A Comprehensive Review on Graph-Based Anomaly Detection: Approaches for Intrusion Detection

Intrusion Detection Systems (IDSs) have evolved to safeguard networks and systems from cyber attacks. Anomaly-based Intrusion Detection Systems (A-IDS) have been commonly employed to detect known and unknown anomalies. However, conventional anomaly detection approaches encounter substantial challenges when dealing with large-scale and heterogeneous data sources.

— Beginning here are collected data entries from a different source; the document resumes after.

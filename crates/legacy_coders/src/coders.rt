//! Coders of an encoding that is chosen when the program runs.
ghost use Rattle.std.specs.Prelude.{◌≡◌};
ghost use Rattle.std.specs.Option.{option_map};
ghost use Rattle.legacy_base.specs.States.{DecoderState};
ghost use Rattle.legacy_base.specs.Encoders.{new_encoder};
ghost use Rattle.legacy_coders.specs.Coders.{decoder_of, encoder_of};

use crate::tasks::{DecoderTask, EncoderTask};
use legacy_base::{
    DecoderResult, Destination, EncoderResult, RawDecoder, RawEncoder, SingleByteTable, Source,
    Tables,
};
use legacy_chinese::{Big5Decoder, Big5Encoder, Gb18030Decoder, Gb18030Encoder};
use legacy_encoder_engine::pair_encoder::{PairCodec, PairEncoder};
use legacy_index_files::Codec;
use legacy_japanese::{
    EucJpDecoder, EucJpEncoder, Iso2022JpDecoder, Iso2022JpEncoder, ShiftJisDecoder,
    ShiftJisEncoder,
};
use legacy_korean::{EucKrDecoder, EucKrEncoder};
use legacy_miscellaneous::{
    ReplacementDecoder, UserDefinedDecoder, UserDefinedEncoder, Utf16Decoder,
};
use legacy_single_byte::{SingleByteDecoder, SingleByteEncoder};

/// A decoder of any encoding.
///
/// It implements `Drop`, so outside this crate no `match` can move its coder out: match on a
/// reference to it. `Gb18030Decoder` has a `Cell`, so an `AnyDecoder` is not `Sync`.
pub enum AnyDecoder<'a> {
    /// Of a single-byte encoding.
    SingleByte(SingleByteDecoder<'a>),
    /// Of GBK and gb18030.
    Gb18030(Gb18030Decoder<'a>),
    /// Of Big5.
    Big5(Big5Decoder<'a>),
    /// Of EUC-JP.
    EucJp(EucJpDecoder<'a>),
    /// Of ISO-2022-JP.
    Iso2022Jp(Iso2022JpDecoder<'a>),
    /// Of Shift_JIS.
    ShiftJis(ShiftJisDecoder<'a>),
    /// Of EUC-KR.
    EucKr(EucKrDecoder<'a>),
    /// Of replacement.
    Replacement(ReplacementDecoder),
    /// Of UTF-16BE and UTF-16LE.
    Utf16(Utf16Decoder),
    /// Of x-user-defined.
    UserDefined(UserDefinedDecoder),
}

/// Evaluates an expression with the decoder that an `AnyDecoder` has.
macro_rules! match_decoder {
    ($any:expr, $coder:ident => $value:expr) => {
        match $any {
            AnyDecoder::SingleByte($coder) => $value,
            AnyDecoder::Gb18030($coder) => $value,
            AnyDecoder::Big5($coder) => $value,
            AnyDecoder::EucJp($coder) => $value,
            AnyDecoder::Iso2022Jp($coder) => $value,
            AnyDecoder::ShiftJis($coder) => $value,
            AnyDecoder::EucKr($coder) => $value,
            AnyDecoder::Replacement($coder) => $value,
            AnyDecoder::Utf16($coder) => $value,
            AnyDecoder::UserDefined($coder) => $value,
        }
    };
}

// Written out: the prover lets no method move a decoder out of this enum if it derives `Drop`.
impl Drop for AnyDecoder<'_> {
    fn drop(self) {
        match_decoder!(self, coder => drop(coder))
    }
}

impl<'a> RawDecoder for AnyDecoder<'a> {
    ghost use Rattle.legacy_coders.specs.declared.coders.AnyDecoder.TheVariants.{SingleByte, Gb18030, Big5, EucJp, Iso2022Jp, ShiftJis, EucKr, Replacement, Utf16, UserDefined};

    ghost state = { elim [
      | SingleByte coder ↦ ⟦<SingleByteDecoder<'static> as RawDecoder>⟧.state coder
      | Gb18030 coder ↦ ⟦<Gb18030Decoder<'static> as RawDecoder>⟧.state coder
      | Big5 coder ↦ ⟦<Big5Decoder<'static> as RawDecoder>⟧.state coder
      | EucJp coder ↦ ⟦<EucJpDecoder<'static> as RawDecoder>⟧.state coder
      | Iso2022Jp coder ↦ ⟦<Iso2022JpDecoder<'static> as RawDecoder>⟧.state coder
      | ShiftJis coder ↦ ⟦<ShiftJisDecoder<'static> as RawDecoder>⟧.state coder
      | EucKr coder ↦ ⟦<EucKrDecoder<'static> as RawDecoder>⟧.state coder
      | Replacement coder ↦ ⟦<ReplacementDecoder as RawDecoder>⟧.state coder
      | Utf16 coder ↦ ⟦<Utf16Decoder as RawDecoder>⟧.state coder
      | UserDefined coder ↦ ⟦<UserDefinedDecoder as RawDecoder>⟧.state coder
    ] };

    fn step<T: Destination>(
        &mut self,
        src: &[u8],
        dst: &mut T,
        last: bool,
    ) -> (DecoderResult, usize) {
        match_decoder!(self, coder => coder.step(src, dst, last))
    }

    fn malformed_bytes(&self, src: &[u8]) -> usize {
        match self {
            AnyDecoder::Gb18030(coder) => coder.malformed_bytes(src),
            AnyDecoder::Big5(coder) => coder.malformed_bytes(src),
            AnyDecoder::EucJp(coder) => coder.malformed_bytes(src),
            AnyDecoder::ShiftJis(coder) => coder.malformed_bytes(src),
            AnyDecoder::EucKr(coder) => coder.malformed_bytes(src),
            // These do not count them.
            _ => 0,
        }
    }

    fn max_utf16_buffer_length(&self, byte_length: usize) -> Option<usize> {
        match_decoder!(self, coder => coder.max_utf16_buffer_length(byte_length))
    }

    fn max_utf8_buffer_length_without_replacement(&self, byte_length: usize) -> Option<usize> {
        match_decoder!(self, coder => coder.max_utf8_buffer_length_without_replacement(byte_length))
    }

    fn max_utf8_buffer_length(&self, byte_length: usize) -> Option<usize> {
        match_decoder!(self, coder => coder.max_utf8_buffer_length(byte_length))
    }
}

/// An encoder of any encoding that has one.
#[derive(Drop)]
pub enum AnyEncoder<'a> {
    /// Of a single-byte encoding.
    SingleByte(SingleByteEncoder<'a>),
    /// Of GBK and gb18030.
    Gb18030(Gb18030Encoder<'a>),
    /// Of Big5.
    Big5(Big5Encoder<'a>),
    /// Of EUC-JP.
    EucJp(EucJpEncoder<'a>),
    /// Of ISO-2022-JP.
    Iso2022Jp(Iso2022JpEncoder<'a>),
    /// Of Shift_JIS.
    ShiftJis(ShiftJisEncoder<'a>),
    /// Of EUC-KR.
    EucKr(EucKrEncoder<'a>),
    /// Of x-user-defined.
    UserDefined(UserDefinedEncoder),
}

/// Evaluates an expression with the encoder that an `AnyEncoder` has.
macro_rules! match_encoder {
    ($any:expr, $coder:ident => $value:expr) => {
        match $any {
            AnyEncoder::SingleByte($coder) => $value,
            AnyEncoder::Gb18030($coder) => $value,
            AnyEncoder::Big5($coder) => $value,
            AnyEncoder::EucJp($coder) => $value,
            AnyEncoder::Iso2022Jp($coder) => $value,
            AnyEncoder::ShiftJis($coder) => $value,
            AnyEncoder::EucKr($coder) => $value,
            AnyEncoder::UserDefined($coder) => $value,
        }
    };
}

impl<'a> RawEncoder for AnyEncoder<'a> {
    ghost use Rattle.legacy_coders.specs.declared.coders.AnyEncoder.TheVariants.{SingleByte, Gb18030, Big5, EucJp, Iso2022Jp, ShiftJis, EucKr, UserDefined};

    ghost state = { elim [
      | SingleByte coder ↦ ⟦<SingleByteEncoder<'static> as RawEncoder>⟧.state coder
      | Gb18030 coder ↦ ⟦<Gb18030Encoder<'static> as RawEncoder>⟧.state coder
      | Big5 coder ↦ ⟦<Big5Encoder<'static> as RawEncoder>⟧.state coder
      | EucJp coder ↦ ⟦<EucJpEncoder<'static> as RawEncoder>⟧.state coder
      | Iso2022Jp coder ↦ ⟦<Iso2022JpEncoder<'static> as RawEncoder>⟧.state coder
      | ShiftJis coder ↦ ⟦<ShiftJisEncoder<'static> as RawEncoder>⟧.state coder
      | EucKr coder ↦ ⟦<EucKrEncoder<'static> as RawEncoder>⟧.state coder
      | UserDefined coder ↦ ⟦<UserDefinedEncoder as RawEncoder>⟧.state coder
    ] };

    fn step<S: Source>(
        &mut self,
        src: &mut S,
        dst: &mut [u8],
        last: bool,
    ) -> (EncoderResult, usize) {
        match_encoder!(self, coder => coder.step(src, dst, last))
    }

    fn max_buffer_length_from_utf16_without_replacement(&self, u16_length: usize) -> Option<usize> {
        match_encoder!(self, coder => coder.max_buffer_length_from_utf16_without_replacement(u16_length))
    }

    fn max_buffer_length_from_utf8_without_replacement(&self, byte_length: usize) -> Option<usize> {
        match_encoder!(self, coder => coder.max_buffer_length_from_utf8_without_replacement(byte_length))
    }
}

impl<'a> AnyDecoder<'a> {
    ghost use Rattle.std.specs.Prelude.{length};
    ghost use Rattle.legacy_base.specs.States.{is_neutral};

    /// Returns a decoder of the codec before its first byte.
    ///
    /// The result is `None` exactly if the codec is single-byte and `single_byte` is `None`. Other
    /// codecs do not use it.
    pub fn new(
        codec: Codec,
        tables: &'a Tables<'a>,
        single_byte: Option<&'a SingleByteTable>,
    ) -> Option<AnyDecoder<'a>>
        ensures { option_map (λ decoder. ⟦<AnyDecoder<'static> as RawDecoder>⟧.state decoder) result
            ≡ decoder_of codec tables.now.flat (option_map (λ table. table.now.entries) single_byte.entry) }
    {
        let decoder = match codec {
            Codec::SingleByte => {
                let Some(table) = single_byte else {
                    return None;
                };
                AnyDecoder::SingleByte(SingleByteDecoder::new(table))
            }
            Codec::Gbk | Codec::Gb18030 => AnyDecoder::Gb18030(Gb18030Decoder::new(tables)),
            Codec::Big5 => AnyDecoder::Big5(Big5Decoder::new(tables)),
            Codec::EucJp => AnyDecoder::EucJp(EucJpDecoder::new(tables)),
            Codec::Iso2022Jp => AnyDecoder::Iso2022Jp(Iso2022JpDecoder::new(tables)),
            Codec::ShiftJis => AnyDecoder::ShiftJis(ShiftJisDecoder::new(tables)),
            Codec::EucKr => AnyDecoder::EucKr(EucKrDecoder::new(tables)),
            Codec::Replacement => AnyDecoder::Replacement(ReplacementDecoder::new()),
            Codec::Utf16Be => AnyDecoder::Utf16(Utf16Decoder::new(true)),
            Codec::Utf16Le => AnyDecoder::Utf16(Utf16Decoder::new(false)),
            Codec::UserDefined => AnyDecoder::UserDefined(UserDefinedDecoder::new()),
        };
        Some(decoder)
    }

    /// Checks whether the decoder is neutral: it holds nothing back, and in ISO-2022-JP it is in ASCII mode.
    pub fn in_neutral_state(&self) -> bool
        ensures { result ≡ is_neutral (⟦<AnyDecoder<'static> as RawDecoder>⟧.state self.now) }
    {
        match self {
            AnyDecoder::Gb18030(coder) => coder.in_neutral_state(),
            AnyDecoder::Big5(coder) => coder.in_neutral_state(),
            AnyDecoder::EucJp(coder) => coder.in_neutral_state(),
            AnyDecoder::Iso2022Jp(coder) => coder.in_neutral_state(),
            AnyDecoder::ShiftJis(coder) => coder.in_neutral_state(),
            AnyDecoder::EucKr(coder) => coder.in_neutral_state(),
            AnyDecoder::Utf16(coder) => coder.in_neutral_state(),
            // These hold nothing back.
            AnyDecoder::SingleByte(_) | AnyDecoder::Replacement(_) | AnyDecoder::UserDefined(_) =>
                true,
        }
    }

    /// Returns the number of held-back bytes: those that were read and whose meaning is still open.
    pub fn held_count(&self) -> usize
        ensures { result ≡ length (⟦<AnyDecoder<'static> as RawDecoder>⟧.state self.now).held }
    {
        match self {
            AnyDecoder::Gb18030(coder) => coder.held_count(),
            AnyDecoder::Big5(coder) => coder.held_count(),
            AnyDecoder::EucJp(coder) => coder.held_count(),
            AnyDecoder::Iso2022Jp(coder) => coder.held_count(),
            AnyDecoder::ShiftJis(coder) => coder.held_count(),
            AnyDecoder::EucKr(coder) => coder.held_count(),
            AnyDecoder::Utf16(coder) => coder.held_count(),
            // These hold nothing back.
            AnyDecoder::SingleByte(_) | AnyDecoder::Replacement(_) | AnyDecoder::UserDefined(_) =>
                0,
        }
    }

    /// Does a task with the decoder of the encoding, for whose type the task's code is compiled.
    ///
    /// The decoder is used up: outside the enum it can be in registers during the task. Returns
    /// what the task returns: the number of code units that it wrote to `output`.
    #[inline(always)]
    pub fn lend<U, T: DecoderTask<U>>(self, task: &T, output: &mut [U]) -> usize
        ensures { (after : DecoderState)
            × T.gives task.now (⟦<AnyDecoder<'static> as RawDecoder>⟧.state self.entry) after
            output.old output.new result }
    {
        match_decoder!(self, coder => run_with(coder, task, output))
    }
}

/// Does a task with a decoder, which is used up.
#[inline(always)]
fn run_with<U, D: RawDecoder + Drop, T: DecoderTask<U>>(
    mut decoder: D,
    task: &T,
    output: &mut [U],
) -> usize
    ensures { (after : DecoderState) × T.gives task.now (D.state decoder) after output.old
        output.new result }
{
    task.run(&mut decoder, output)
}

/// Returns an encoder of ASCII and pairs before its first scalar.
fn pair_encoder<'a, C: PairCodec>(tables: &'a Tables<'a>) -> PairEncoder<'a, C>
    ensures { new_encoder (C.codec result.tables.now.flat) ≡ new_encoder (C.codec tables.now.flat) }
{
    PairEncoder::new(tables)
}

impl<'a> AnyEncoder<'a> {
    ghost use Rattle.legacy_base.specs.Encoders.{is_pending};

    /// Returns an encoder of the codec before its first scalar.
    ///
    /// The result is `None` exactly if the codec is replacement or UTF-16, which have no encoder,
    /// or is single-byte and `single_byte` is `None`.
    pub fn new(
        codec: Codec,
        tables: &'a Tables<'a>,
        single_byte: Option<&'a SingleByteTable>,
    ) -> Option<AnyEncoder<'a>>
        ensures { option_map (λ encoder. ⟦<AnyEncoder<'static> as RawEncoder>⟧.state encoder) result
            ≡ encoder_of codec tables.now.flat (option_map (λ table. table.now.entries) single_byte.entry) }
    {
        let encoder = match codec {
            Codec::SingleByte => {
                let Some(table) = single_byte else {
                    return None;
                };
                AnyEncoder::SingleByte(SingleByteEncoder::with_longest_run(table))
            }
            Codec::Gbk => AnyEncoder::Gb18030(Gb18030Encoder::new(tables, false)),
            Codec::Gb18030 => AnyEncoder::Gb18030(Gb18030Encoder::new(tables, true)),
            Codec::Big5 => AnyEncoder::Big5(pair_encoder(tables)),
            Codec::EucJp => AnyEncoder::EucJp(pair_encoder(tables)),
            Codec::Iso2022Jp => AnyEncoder::Iso2022Jp(Iso2022JpEncoder::new(tables)),
            Codec::ShiftJis => AnyEncoder::ShiftJis(pair_encoder(tables)),
            Codec::EucKr => AnyEncoder::EucKr(pair_encoder(tables)),
            Codec::UserDefined => AnyEncoder::UserDefined(UserDefinedEncoder::new()),
            Codec::Replacement | Codec::Utf16Be | Codec::Utf16Le => return None,
        };
        Some(encoder)
    }

    /// Checks whether the end of the text writes bytes: the escape back to ASCII of ISO-2022-JP.
    pub fn has_pending_state(&self) -> bool
        ensures { result ≡ is_pending (⟦<AnyEncoder<'static> as RawEncoder>⟧.state self.now) }
    {
        match self {
            AnyEncoder::Iso2022Jp(coder) => coder.has_pending_state(),
            // The others have no modes.
            _ => false,
        }
    }

    /// Does a task with the encoder of the encoding, for whose type the task's code is compiled.
    ///
    /// Returns what the task returns: the number of bytes that it wrote to `output`.
    #[inline(always)]
    pub fn lend<T: EncoderTask>(&mut self, task: &T, output: &mut [u8]) -> usize
        ensures { T.gives task.now (⟦<AnyEncoder<'static> as RawEncoder>⟧.state self.old)
            (⟦<AnyEncoder<'static> as RawEncoder>⟧.state self.new) output.old output.new result }
    {
        match_encoder!(self, coder => task.run(coder, output))
    }
}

These challenges include high False Positive Rates (FPRs), imbalanced data behavior, complex data handling, resource constraints, limited interpretability, and difficulties with encrypted networks. This survey reviews 60 technical papers (2019–2025) on graph-based anomaly detection (GBAD) approaches, highlighting their ability to address these challenges by utilizing the inherent structure of graphs to capture and analyze network connectivity patterns. Our analysis reveals that 32 studies (53%) employ two-stage methods while 28 (47%) use end-to-end approaches. Among the end-to-end methods, GNN-based techniques dominate, accounting for 18 of the 28 papers. We present a phased graph-based anomaly detection methodology for intrusion detection. This includes phases of data capturing, graph construction, graph pre-processing, anomaly detection, and post-detection analysis. Furthermore, we examine the evaluation methods and datasets employed in GBAD research and provide an analysis of the types of attacks identified by these methods. The most utilized datasets include CICIDS, UNSW-NB15, and DARPA, while precision, recall, and F1-score are employed in over 85% of studies. Lastly, we outline the key challenges and future directions that require significant research efforts in this area, and we offer some recommendations to address them.